Despite price cuts, the business remains very profitable, with 62% gross margins expected. Plus, earnings per share is still expected to rise 42% this year compared to 1999. In 2001, however, current estimates call for only 8% earnings per share growth.

This year's earnings growth rate is high, partially due to a relatively weak 1999 and due to large investment gains this year. These factors will work against Intel in 2001, as will Intel's missteps this year, which include a delayed Pentium IV and the need to upgrade to new micron (0.13) production before the Pentium IV can be produced in great volume. Meanwhile, Advanced Micro Devices (NYSE: AMD) is strengthening.

Last quarter, 22% of Intel's sales took place in Europe. This quarter, Intel blamed Europe for its weak results. However, how much of that shortfall is due to lost market share? Perhaps a significant amount.

Following Tuesday's announcement and conference call, we'll have new thoughts to share. For now, at $36 per share, Intel trades at 22 times this year's EPS estimate and 20 times year 2001 estimates. Even in light of a potentially slow 2001, the stock is priced such that we may favor buying more shares -- that is, as long as we remain confident in the long-term business.

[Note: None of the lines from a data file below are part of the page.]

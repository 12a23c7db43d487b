//! The result of checking a key whose expressions have values.

ghost use Rattle.std.specs.Prelude.{◌≡◌, position};
ghost use Rattle.std.specs.List.{list_any};
ghost use Rattle.frac128.specs.Sign as sign;
ghost use Rattle.unit_list.specs.Amounts.{is_unit_not_positive, is_unlike_unit};
ghost use Rattle.survey.specs.Checks as spec;

use quantity::Quantity;

/// The result of checking a key whose expressions have values.
#[derive(Clone, Copy, Debug, PartialEq, Eq, Drop)]
pub(crate) enum Finding {
    /// There is nothing to report.
    Sound,
    /// A part of the list does not conform to the first part.
    NonConforming,
    /// The part of the list at this index, counted from 0, is the first that is not above 0.
    NotPositive(usize),
}

/// Returns the finding for a list whose parts have these values.
pub(crate) fn parts_finding(parts: &[Quantity]) -> Finding
    ensures { result ≡ spec.parts_finding parts.now }
{
    let Some((first, others)) = parts.split_first() else {
        return Finding::Sound;
    };
    if has_unlike(first, others) {
        return Finding::NonConforming;
    }
    match first_not_positive(parts) {
        Some(place) => Finding::NotPositive(place),
        None => Finding::Sound,
    }
}

// Returns whether a part does not conform to the first.
fn has_unlike(first: &Quantity, others: &[Quantity]) -> bool
    ensures { result ≡ list_any (is_unlike_unit first.now) others.now }
{
    others.iter().any(|part| !first.conforms(part))
}

// Returns the index of the first part whose number is not above 0.
fn first_not_positive(parts: &[Quantity]) -> Option<usize>
    ensures { result ≡ position is_unit_not_positive parts.now }
{
    parts.iter().position(|part| !is_positive(part))
}

// Returns whether the number of a part is above 0.
fn is_positive(part: &Quantity) -> bool
    ensures { result ≡ sign.is_positive_fraction part.now.value }
{
    part.value().num() > 0
}
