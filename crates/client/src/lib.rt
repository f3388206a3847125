// A client of the public calls alone. It reads and writes the table of H1, opens its year and runs its event, does so
// with a table that charges by amount and time, by the built-in shares and by a scale of its own, and makes calls that
// are turned down. What each answers and leaves is typed out, and follows from the calls' contracts.
#![tactic(auto)]

ghost use Rattle.std.specs.Prelude.{◌≡◌, [], ◌∷◌, ◌++◌, length, replicate};
ghost use Rattle.text.specs.Bytes.{bytes};
ghost use Rattle.answer.specs.Outcome.{buffer_after};
ghost use Rattle.scale.specs.Scale.{time_shares};
ghost use Rattle.scale_text.specs.Days.{scale_text_of};
ghost use Rattle.year.specs.Run.{run_under, run_of};
ghost use Rattle.client.specs.After.{after_of};
ghost use Rattle.client.specs.Sidney.{no_programme, opened, table_text_of, events_text, statement, sidney};
ghost use Rattle.client.specs.Sidney.{unused_place, afterwards, over_the_whole};
ghost use Rattle.client.specs.Timed.{timed_table, timed_events, timed_statement, timed, charged, overcharged};
ghost use Rattle.client.specs.Scaled.{steps, too_few_shares, rising_text, scaled_statement, scaled_standing};

use answer::Answer;
use programme::contract::Programme;
use scale_text::ScaleReading;
use table_text::Reading;
use year::{Opening, Standing};

// What a run answers, and the standing that it leaves: the engine has such a struct, and a client of the public calls
// does not know it.
#[derive(Clone, Copy)]
pub struct After {
    pub answer: Answer,
    pub standing: Standing,
}

// A run that is lent a standing of the client's own.
pub fn run_lent(programme: Programme, standing: Standing, events: &[u8], buffer: &mut [u8]) -> After
    ensures { (result
        ≡ after_of (run_of programme standing events.now (length buffer.old)) standing)
        × (buffer.new
        ≡ buffer_after (run_of programme standing events.now (length buffer.old))
        buffer.old) }
{
    let mut lent = standing;
    let answer = cession::cession_run(programme, &mut lent, events, buffer);
    After {
        answer,
        standing: lent,
    }
}

// The table of H1: no refusal, no line, and its programme place by place.
pub fn read_sidney(table: &[u8]) -> Reading
    requires { table.now ≡ table_text_of }
    ensures { result ≡ record { refusal = 0; line = 0; programme = sidney } }
{
    cession::cession_read(table)
}

// Its year: no refusal, and the standing of a fresh year.
pub fn open_sidney(programme: Programme) -> Opening
    requires { programme ≡ sidney }
    ensures { result ≡ record { refusal = 0; number = 0; standing = opened } }
{
    cession::cession_open(programme)
}

// The table read, a year opened, the event run: the statement stands in the buffer before its last byte.
pub fn run_sidney(table: &[u8], events: &[u8], buffer: &mut [u8]) -> After
    requires { (table.now ≡ table_text_of) × (events.now ≡ events_text) × (buffer.old ≡ replicate 444 35) }
    ensures { (result ≡ record { answer = record { refusal = 0; number = 443 }; standing = afterwards })
        × (buffer.new ≡ statement ++ (35 ∷ [])) }
{
    let reading = read_sidney(table);
    let opening = open_sidney(reading.programme);
    run_lent(reading.programme, opening.standing, events, buffer)
}

// Day 367 after it: 11 at line 1, and standing and buffer as lent.
pub fn run_refused(
    programme: Programme,
    standing: Standing,
    events: &[u8],
    buffer: &mut [u8],
) -> After
    requires { (programme ≡ sidney) × (standing ≡ afterwards) × (events.now ≡ bytes "(event 367)\n") }
    ensures { (result ≡ record { answer = record { refusal = 11; number = 1 }; standing = standing })
        × (buffer.new ≡ buffer.old) }
{
    run_lent(programme, standing, events, buffer)
}

// The table read and written again, into a buffer with three bytes more.
pub fn write_sidney(table: &[u8], buffer: &mut [u8]) -> Answer
    requires { (table.now ≡ table_text_of) × (buffer.old ≡ replicate 241 35) }
    ensures { (result ≡ record { refusal = 0; number = 238 })
        × (buffer.new ≡ table_text_of ++ (35 ∷ 35 ∷ 35 ∷ [])) }
{
    let reading = read_sidney(table);
    cession::cession_write(reading.programme, buffer)
}

// A buffer that is one byte short: 7 and the length needed, and the buffer as lent.
pub fn write_refused(programme: Programme, buffer: &mut [u8]) -> Answer
    requires { (programme ≡ sidney) × (length buffer.old ≡ 237) }
    ensures { (result ≡ record { refusal = 7; number = 238 }) × (buffer.new ≡ buffer.old) }
{
    cession::cession_write(programme, buffer)
}

// A share over the whole in the second line: 3, the line, and the programme without contracts.
pub fn read_refused(table: &[u8]) -> Reading
    requires { table.now ≡ over_the_whole }
    ensures { result ≡ record { refusal = 3; line = 2; programme = no_programme } }
{
    cession::cession_read(table)
}

// A programme with a number other than 0 in an unused place: 6, and the standing of a fresh year.
pub fn open_refused(programme: Programme) -> Opening
    requires { programme ≡ unused_place }
    ensures { result ≡ record { refusal = 6; number = 0; standing = opened } }
{
    cession::cession_open(programme)
}

// A table with (time), read, its year opened and its event run: the premium is that of the days left, in the statement
// and in the standing.
pub fn run_timed(table: &[u8], events: &[u8], buffer: &mut [u8]) -> After
    requires { (table.now ≡ timed_table) × (events.now ≡ timed_events) × (buffer.old ≡ replicate 243 35) }
    ensures { (result ≡ record { answer = record { refusal = 0; number = 242 }; standing = charged })
        × (buffer.new ≡ timed_statement ++ (35 ∷ [])) }
{
    let reading = cession::cession_read(table);
    let opening = cession::cession_open(reading.programme);
    run_lent(reading.programme, opening.standing, events, buffer)
}

// A standing with a timed premium above the layer's amount premium: 8, and standing and buffer as lent.
pub fn run_overcharged(
    programme: Programme,
    standing: Standing,
    events: &[u8],
    buffer: &mut [u8],
) -> After
    requires { (programme ≡ timed) × (standing ≡ overcharged) }
    ensures { (result ≡ record { answer = record { refusal = 8; number = 0 }; standing = standing })
        × (buffer.new ≡ buffer.old) }
{
    run_lent(programme, standing, events, buffer)
}

// A run by a lent scale that is lent a standing of the client's own.
pub fn run_scaled(
    programme: Programme,
    standing: Standing,
    scale: &[u64],
    events: &[u8],
    buffer: &mut [u8],
) -> After
    ensures { (result
        ≡ after_of
        (run_under scale.now programme standing events.now (length buffer.old))
        standing)
        × (buffer.new
        ≡ buffer_after
        (run_under scale.now programme standing events.now (length buffer.old))
        buffer.old) }
{
    let mut lent = standing;
    let answer = cession::cession_run_scaled(programme, &mut lent, scale, events, buffer);
    After {
        answer,
        standing: lent,
    }
}

// A scale in three steps: no refusal, no line, and its shares day by day.
pub fn read_steps(text: &[u8]) -> ScaleReading
    requires { text.now ≡ scale_text_of steps }
    ensures { result ≡ record { refusal = 0; line = 0; scale = record { shares = steps } } }
{
    cession::cession_read_scale(text)
}

// A share that rises on line 2: 30, the line, and every share 0.
pub fn read_rising(text: &[u8]) -> ScaleReading
    requires { text.now ≡ rising_text }
    ensures { result ≡ record { refusal = 30; line = 2; scale = record { shares = replicate 366 0 } } }
{
    cession::cession_read_scale(text)
}

// The table with (time) and the scale in steps read, the year opened and the event run by that scale.
pub fn run_steps(table: &[u8], scale: &[u8], events: &[u8], buffer: &mut [u8]) -> After
    requires { (table.now ≡ timed_table) × (scale.now ≡ scale_text_of steps) × (events.now ≡ timed_events)
        × (buffer.old ≡ replicate 246 35) }
    ensures { (result ≡ record { answer = record { refusal = 0; number = 245 }; standing = scaled_standing })
        × (buffer.new ≡ scaled_statement ++ (35 ∷ [])) }
{
    let reading = cession::cession_read(table);
    let opening = cession::cession_open(reading.programme);
    let found = read_steps(scale);
    let read = found.scale;
    let shares = read.shares;
    run_scaled(reading.programme, opening.standing, &shares, events, buffer)
}

// 365 shares under a table without (time): 28, and standing and buffer as lent.
pub fn run_too_few(
    programme: Programme,
    standing: Standing,
    scale: &[u64],
    events: &[u8],
    buffer: &mut [u8],
) -> After
    requires { (programme ≡ sidney) × (standing ≡ afterwards) × (scale.now ≡ too_few_shares) }
    ensures { (result ≡ record { answer = record { refusal = 28; number = 0 }; standing = standing })
        × (buffer.new ≡ buffer.old) }
{
    run_scaled(programme, standing, scale, events, buffer)
}

// The built-in shares lent as a scale: what the run without one comes to, for every input.
pub fn run_built_in(
    programme: Programme,
    standing: Standing,
    scale: &[u64],
    events: &[u8],
    buffer: &mut [u8],
) -> After
    requires { scale.now ≡ time_shares }
    ensures { (result
        ≡ after_of (run_of programme standing events.now (length buffer.old)) standing)
        × (buffer.new
        ≡ buffer_after (run_of programme standing events.now (length buffer.old))
        buffer.old) }
{
    run_scaled(programme, standing, scale, events, buffer)
}
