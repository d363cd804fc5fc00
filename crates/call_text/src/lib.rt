//! Lines and replies of a cutting room, and its journal as text: what a client of a room needs, by one name. Lines and
//! calls are those of `line_table`, journals those of `journal_text`, replies those of `reply_text`. Nothing is proved here.
#![tactic(auto)]

pub use journal_text::{
    EntryFault, JournalCode, JournalFault, LAST_STATION, MAX_ENTRY_LINE, MAX_JOURNAL,
    MAX_JOURNAL_TEXT, News, NewsFault, entry_text, journal_room, journal_text, journal_text_into,
    journals_have_one_reading, limits_are_these, lines_of_entries_fit_a_line, news_is_read_again,
    news_text, read_entry, read_journal, read_news,
};
pub use line_table::{
    Deed, FirstWord, LAST_TRACK, Line, Memory, Step, call_text, labels_name_places,
    lines_are_those_of_the_table, lines_have_one_meaning, read_line, written_calls_are_read,
};
pub use reply_text::{
    CutCall, CutObject, CutPart, LineFault, MAX_SHORT, MAX_SHORT_LINE, Short, answer_text,
    fault_text, items_text, point_text, sight_text,
};
pub use room_core::Entry;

Johnson & Johnson's third-quarter preview
The most diversified healthcare company in the world, Johnson & Johnson (NYSE: JNJ), is expected to report earnings per share of $0.88 on Tuesday as well, representing 10% year-over-year EPS growth. Sales should rise 6% to 7% to approximately $7.2 billion.

In the first half of 2000, sales rose 8%. The strong dollar overseas and J&J's pharmaceutical price increases in September could notch sales growth down by a percentage point or two. Efficiencies should help J&J achieve EPS estimates regardless, en route to EPS growth of 12% this year (most likely!). Although anything may happen, the year 2001 appears likely to provide earnings growth of 12% again.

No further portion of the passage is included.